RECORDS SHOWN Start Marker
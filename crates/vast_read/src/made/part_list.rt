//! Lists by their kinds.

ghost use Rattle.std.specs.Prelude.{List, reverse};
ghost use Rattle.vast_literal.specs.NormalExpr as normal_expr;
ghost use Rattle.vast_literal.specs.NormalFile as normal;
ghost use Rattle.vast_read.specs.DeclarationView.{groups_view, declarations_view};
ghost use Rattle.vast_read.specs.FileView.{parameters_view, ports_view, items_view};
ghost use Rattle.vast_read.specs.Internal.StatementView.{labels_view};
ghost use Rattle.vast_read.specs.MemberView.{events_view, connections_view, members_view};
ghost use Rattle.vast_read.specs.StatementView.{block_view};
ghost use Rattle.vast_read.specs.View.{listed};
ghost use Rattle.vast_rows.specs.Built.{as_expressions, as_groups, as_declarations, as_connections, as_events, as_statements, as_labels, as_members, as_parameters, as_ports, as_file};

use crate::children::Children;
use crate::made::part::{Part, held, no_part};
use crate::made::value::Value;
use crate::tree::{
    CaseArm, Connection, Event, Group, NormalDeclaration, NormalExpr, NormalItem, NormalMember,
    NormalStatement, Parameter, Port,
};

impl<'t> Part<'t> for Children<NormalExpr> {
    ghost Normal = { normal_expr.NormalExprs };

    ghost kind = { as_expressions };

    ghost denotes = { λ xs. listed (reverse xs) };

    fn of(value: Value<'t>) -> Option<Children<NormalExpr>> {
        held!(value, Expressions)
    }
}

impl<'t> Part<'t> for Children<Group> {
    ghost Normal = { List normal.Group };

    ghost kind = { as_groups };

    ghost denotes = { λ gs. groups_view (reverse gs) };

    fn of(value: Value<'t>) -> Option<Children<Group>> {
        held!(value, Groups)
    }
}

impl<'t> Part<'t> for Children<NormalDeclaration> {
    ghost Normal = { List normal.NormalDeclaration };

    ghost kind = { as_declarations };

    ghost denotes = { λ ds. declarations_view (reverse ds) };

    fn of(value: Value<'t>) -> Option<Children<NormalDeclaration>> {
        held!(value, Declarations)
    }
}

impl<'t> Part<'t> for Children<Connection> {
    ghost Normal = { List normal.NormalConnection };

    ghost kind = { as_connections };

    ghost denotes = { λ cs. connections_view (reverse cs) };

    fn of(value: Value<'t>) -> Option<Children<Connection>> {
        held!(value, Connections)
    }
}

impl<'t> Part<'t> for Children<Event> {
    ghost Normal = { List normal.Event };

    ghost kind = { as_events };

    ghost denotes = { λ es. events_view (reverse es) };

    fn of(value: Value<'t>) -> Option<Children<Event>> {
        held!(value, Events)
    }
}

impl<'t> Part<'t> for Children<NormalStatement> {
    ghost Normal = { normal.NormalStatements };

    ghost kind = { as_statements };

    ghost denotes = { λ ss. block_view (reverse ss) };

    fn of(value: Value<'t>) -> Option<Children<NormalStatement>> {
        held!(value, Statements)
    }
}

impl<'t> Part<'t> for Children<CaseArm> {
    ghost Normal = { normal.Labels };

    ghost kind = { as_labels };

    ghost denotes = { λ ls. labels_view (reverse ls) };

    fn of(value: Value<'t>) -> Option<Children<CaseArm>> {
        held!(value, Labels)
    }
}

impl<'t> Part<'t> for Children<NormalMember> {
    ghost Normal = { normal.NormalMembers };

    ghost kind = { as_members };

    ghost denotes = { λ ms. members_view (reverse ms) };

    fn of(value: Value<'t>) -> Option<Children<NormalMember>> {
        held!(value, Members)
    }
}

impl<'t> Part<'t> for Children<Parameter> {
    ghost Normal = { List normal.NormalParameter };

    ghost kind = { as_parameters };

    ghost denotes = { λ ps. parameters_view (reverse ps) };

    fn of(value: Value<'t>) -> Option<Children<Parameter>> {
        held!(value, Parameters)
    }
}

impl<'t> Part<'t> for Children<Port> {
    ghost Normal = { List normal.NormalPort };

    ghost kind = { as_ports };

    ghost denotes = { λ ps. ports_view (reverse ps) };

    fn of(value: Value<'t>) -> Option<Children<Port>> {
        held!(value, Ports)
    }
}

impl<'t> Part<'t> for Children<NormalItem> {
    ghost Normal = { normal.NormalFile };

    ghost kind = { as_file };

    ghost denotes = { λ is. record { items = items_view (reverse is) } };

    fn of(value: Value<'t>) -> Option<Children<NormalItem>> {
        held!(value, Items)
    }
}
RECORDS SHOWN End Marker
### REQUIRED ACTION
Write the records out again. Each one must match exactly.

### TASK ANSWER
filename crates/vast_read/src/made/part_list.rt
//! Lists by their kinds.

ghost use Rattle.std.specs.Prelude.{List, reverse};
ghost use Rattle.vast_literal.specs.NormalExpr as normal_expr;
ghost use Rattle.vast_literal.specs.NormalFile as normal;
ghost use Rattle.vast_read.specs.DeclarationView.{groups_view, declarations_view};
ghost use Rattle.vast_read.specs.FileView.{parameters_view, ports_view, items_view};
ghost use Rattle.vast_read.specs.Internal.StatementView.{labels_view};
ghost use Rattle.vast_read.specs.MemberView.{events_view, connections_view, members_view};
ghost use Rattle.vast_read.specs.StatementView.{block_view};
ghost use Rattle.vast_read.specs.View.{listed};
ghost use Rattle.vast_rows.specs.Built.{as_expressions, as_groups, as_declarations, as_connections, as_events, as_statements, as_labels, as_members, as_parameters, as_ports, as_file};

use crate::children::Children;
use crate::made::part::{Part, held, no_part};
use crate::made::value::Value;
use crate::tree::{
    CaseArm, Connection, Event, Group, NormalDeclaration, NormalExpr, NormalItem, NormalMember,
    NormalStatement, Parameter, Port,
};

impl<'t> Part<'t> for Children<NormalExpr> {
    ghost Normal = { normal_expr.NormalExprs };

    ghost kind = { as_expressions };

    ghost denotes = { λ xs. listed (reverse xs) };

    fn of(value: Value<'t>) -> Option<Children<NormalExpr>> {
        held!(value, Expressions)
    }
}

impl<'t> Part<'t> for Children<Group> {
    ghost Normal = { List normal.Group };

    ghost kind = { as_groups };

    ghost denotes = { λ gs. groups_view (reverse gs) };

    fn of(value: Value<'t>) -> Option<Children<Group>> {
        held!(value, Groups)
    }
}

impl<'t> Part<'t> for Children<NormalDeclaration> {
    ghost Normal = { List normal.NormalDeclaration };

    ghost kind = { as_declarations };

    ghost denotes = { λ ds. declarations_view (reverse ds) };

    fn of(value: Value<'t>) -> Option<Children<NormalDeclaration>> {
        held!(value, Declarations)
    }
}

impl<'t> Part<'t> for Children<Connection> {
    ghost Normal = { List normal.NormalConnection };

    ghost kind = { as_connections };

    ghost denotes = { λ cs. connections_view (reverse cs) };

    fn of(value: Value<'t>) -> Option<Children<Connection>> {
        held!(value, Connections)
    }
}

impl<'t> Part<'t> for Children<Event> {
    ghost Normal = { List normal.Event };

    ghost kind = { as_events };

    ghost denotes = { λ es. events_view (reverse es) };

    fn of(value: Value<'t>) -> Option<Children<Event>> {
        held!(value, Events)
    }
}

impl<'t> Part<'t> for Children<NormalStatement> {
    ghost Normal = { normal.NormalStatements };

    ghost kind = { as_statements };

    ghost denotes = { λ ss. block_view (reverse ss) };

    fn of(value: Value<'t>) -> Option<Children<NormalStatement>> {
        held!(value, Statements)
    }
}

impl<'t> Part<'t> for Children<CaseArm> {
    ghost Normal = { normal.Labels };

    ghost kind = { as_labels };

    ghost denotes = { λ ls. labels_view (reverse ls) };

    fn of(value: Value<'t>) -> Option<Children<CaseArm>> {
        held!(value, Labels)
    }
}

impl<'t> Part<'t> for Children<NormalMember> {
    ghost Normal = { normal.NormalMembers };

    ghost kind = { as_members };

    ghost denotes = { λ ms. members_view (reverse ms) };

    fn of(value: Value<'t>) -> Option<Children<NormalMember>> {
        held!(value, Members)
    }
}

impl<'t> Part<'t> for Children<Parameter> {
    ghost Normal = { List normal.NormalParameter };

    ghost kind = { as_parameters };

    ghost denotes = { λ ps. parameters_view (reverse ps) };

    fn of(value: Value<'t>) -> Option<Children<Parameter>> {
        held!(value, Parameters)
    }
}

impl<'t> Part<'t> for Children<Port> {
    ghost Normal = { List normal.NormalPort };

    ghost kind = { as_ports };

    ghost denotes = { λ ps. ports_view (reverse ps) };

    fn of(value: Value<'t>) -> Option<Children<Port>> {
        held!(value, Ports)
    }
}

impl<'t> Part<'t> for Children<NormalItem> {
    ghost Normal = { normal.NormalFile };

    ghost kind = { as_file };

    ghost denotes = { λ is. record { items = items_view (reverse is) } };

    fn of(value: Value<'t>) -> Option<Children<NormalItem>> {
        held!(value, Items)
    }
}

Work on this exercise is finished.